New acquisitions (something must go)

I entered a thrift shop (one of those I enter quite often), and found several things; I came home with two.

This cost me only 20 CZK. Because it promotes someone else's Alma Mater - the shop sits across the street from the Faculty of Arts, which makes a sweatshirt from the technical university almost contraband... But hey, that should not be a problem for a seamstress, right? It's a very quality material, made in the Czech Republic (that's rare!), and a lovely colour at that.

 
 

It comes with a fun little special something, too. The previous owner wrote "This is mine!!!" on the tag. It was, unwittingly, clever. Now it is mine!!!

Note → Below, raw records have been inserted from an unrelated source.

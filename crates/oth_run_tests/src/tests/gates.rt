//! What a gate hears of a run whose lines wait together, so that their boards are solved side by side.

mod at_once;
mod counting;
mod crews;
mod games;

use super::{NO_FAILURE, settings};
use counting::{Counting, Heard, searches_of};
use oth_book::{Added, Book};
use oth_pool::Gate;
use oth_rules::samples::{after_least_moves, least_moves_from};
use oth_rules::{Board, Scoring, Square, Sym};
use oth_run::run;
use oth_search::solve_alone;
use oth_text::fakes::{BrokenSource, ByteSink};
use oth_text::{Position, Side, write_board};
use oth_words::{Command, Settings};
use std::alloc::Global;
use std::process::Abort;
use std::sync::Wait;
use std::test::Fail;
use std::thread::Threads;

// The number of boards that have a line.
const BOARDS: usize = 8;

// Boards of ten empty squares, one below each move of a board of 14.
fn boards(alloc: Global) -> Result<Vec<Board>, Fail> {
    let mut boards = Vec::new(alloc);
    let root = after_least_moves(14).unwrap_or(Position::start().board);
    for number in 0..64 {
        if let Some(child) = root.play(Square::numbered(number)) {
            if let Some(board) = least_moves_from(child, 10) {
                boards.push(board)?;
            }
        }
    }
    Ok(boards)
}

// A line for each board.
fn lines(alloc: Global, boards: &[Board]) -> Result<Vec<u8>, Fail> {
    let mut input = Vec::new(alloc);
    for board in boards {
        let position = Position {
            board: *board,
            mover: Side::Black,
        };
        input.extend_from_slice(write_board(&position).as_slice())?;
        input.push(b'\n')?;
    }
    Ok(input)
}

// The settings of two workers that solve.
fn by_two() -> Settings {
    Settings {
        workers: 2,
        cells: 64,
        ..settings(Command::Solve, Scoring::Winner)
    }
}

// Runs over the lines. Whether a report was written.
fn run_with<R: Wait + Threads + Sync + AllocGlobal, G: Gate>(
    rt: &R,
    input: &[u8],
    asked: &Settings,
    gate: &G,
    book: Option<&Book>,
) -> bool {
    let alloc = rt.alloc();
    let mut reader = BrokenSource::new(input, NO_FAILURE);
    let mut writer = ByteSink::<2048>::new(NO_FAILURE);
    let result = run(rt, alloc, &mut reader, &mut writer, asked, gate, book);
    result.is_ok() && !writer.taken().is_empty()
}

// The gate of a run with this book hears just once of each item of these searches.
fn check_heard<R: Wait + Threads + Sync + AllocGlobal + Abort>(
    rt: &R,
    input: &[u8],
    book: Option<&Book>,
    all: Heard,
) {
    let gate = Counting::new();
    assert!(rt; run_with(rt, input, &by_two(), &gate, book));
    assert!(rt; gate.has_heard(all));
}

#[test]
fn a_gate_hears_each_item_of_a_batch_once(rt: HostRuntime) -> Result<(), Fail> {
    let boards = boards(rt.alloc())?;
    assert!(rt; boards.len() == BOARDS);
    assert!(rt;
        boards
            .iter()
            .all(|board| board.empties() == 10 && board.can_move())
    );
    let input = lines(rt.alloc(), boards.as_slice())?;
    check_heard(&rt, input.as_slice(), None, searches_of(boards.as_slice()));
    Ok(())
}

#[test]
fn a_board_and_its_image_are_searched_once(rt: HostRuntime) -> Result<(), Fail> {
    let boards = boards(rt.alloc())?;
    let mut images = Vec::new(rt.alloc());
    for board in boards.as_slice() {
        images.push(board.image(Sym::numbered(5)))?;
    }
    let mut input = lines(rt.alloc(), boards.as_slice())?;
    input.extend_from_slice(lines(rt.alloc(), images.as_slice())?.as_slice())?;
    check_heard(&rt, input.as_slice(), None, searches_of(boards.as_slice()));
    Ok(())
}

#[test]
fn a_board_whose_line_stands_twice_is_searched_once(rt: HostRuntime) -> Result<(), Fail> {
    let boards = boards(rt.alloc())?;
    let mut input = lines(rt.alloc(), boards.as_slice())?;
    let again = lines(rt.alloc(), boards.as_slice())?;
    input.extend_from_slice(again.as_slice())?;
    check_heard(&rt, input.as_slice(), None, searches_of(boards.as_slice()));
    Ok(())
}

#[test]
fn a_gate_hears_nothing_of_the_board_of_a_batch_that_the_book_has(
    rt: HostRuntime,
) -> Result<(), Fail> {
    let boards = boards(rt.alloc())?;
    let Some((first, others)) = boards.as_slice().split_first() else {
        panic!(rt; "no boards")
    };
    let Ok(answer) = solve_alone(first, Scoring::Winner) else {
        panic!(rt; "no answer")
    };
    let mut book = Book::new(rt.alloc(), Scoring::Winner);
    assert!(rt; book.add(&answer) == Ok(Added::New));
    let input = lines(rt.alloc(), boards.as_slice())?;
    check_heard(&rt, input.as_slice(), Some(&book), searches_of(others));
    Ok(())
}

And a hat. A fabulous hat, with a very vintage-y shape.

 

And the ribbon matches my tote!

These lovely new acquisitions are, also, a reminder to me to go through my T-shirt stash. I have lots and lots of T-shirts, mostly of the "workclothes" kind, and wear only a fraction of them regularly. Some must go.

Saturday, 14 July 2012

Oona, you made my day

Yesterday was a cloudy, rainy, cold (17 degrees Celsius? What a summer!) day when I felt like doing nothing but sleeping.
Then my sister went to the mailbox and said there was some fabric for me.
Fabric? I thought.

Fabric indeed. Oona, you may claim to be a selfish brat, but your Pay It Forward is fabulous!


Fabric bangles, as promised. Just the thing to wear with my orange T-shirt. Or my beige T-shirts. Or my blues. Clever.


The aforementioned fabric. The roses look familiar - or is it just me? They demand to be a lacy dress overlay, somehow. The other fabric, an embroidered shiny blue fabulousness that cannot be as well seen on the photo as I thought, probably wants to be a fabulous shiny blue embroidered skirt. Together, the fabrics reminded me of my beloved Latvian mittens.


And then there's the CD, "Oona's Jumpin' July".

Oona, have you been peeking into my house the last ten years or so? Because that's exactly what I do. Jump around.
I must admit not all of the songs are my cup of tea, but others are very much so, so it balances out. The last one? Wow.

Now I must finally gather my wits and courage and material and everything and do my PIF. I like that acronym, don't you?